[Collected data]
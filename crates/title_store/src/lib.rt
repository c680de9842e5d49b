//! Titles: a design, a media list, and the digest of every variant, no two of which are the same.
//!
//! A title is built variant by variant, or read from its text. An index leads from a digest to its variant.
#![tactic(auto)]

mod build;
mod errors;
mod lines;
mod reading;
mod rows;
mod table;
mod title;
mod writing;

pub use blob_digests::{BLOB_LIMIT, Digest, digest_of};
pub use build::TitleBuilder;
pub use designs::{Design, DesignError, DesignFault, Key};
pub use errors::{AddError, BuildError, TitleReadError};
pub use title::Title;
pub use title_terms::{TitleFault, TitleKind};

**EXERCISE OBJECTIVE**:
Print out the data exactly once more.

**REPLY TO THE EXERCISE**:
filename crates/title_store/src/lib.rt
repository c680de9842e5d49b
//! Titles: a design, a media list, and the digest of every variant, no two of which are the same.
//!
//! A title is built variant by variant, or read from its text. An index leads from a digest to its variant.
#![tactic(auto)]

mod build;
mod errors;
mod lines;
mod reading;
mod rows;
mod table;
mod title;
mod writing;

pub use blob_digests::{BLOB_LIMIT, Digest, digest_of};
pub use build::TitleBuilder;
pub use designs::{Design, DesignError, DesignFault, Key};
pub use errors::{AddError, BuildError, TitleReadError};
pub use title::Title;
pub use title_terms::{TitleFault, TitleKind};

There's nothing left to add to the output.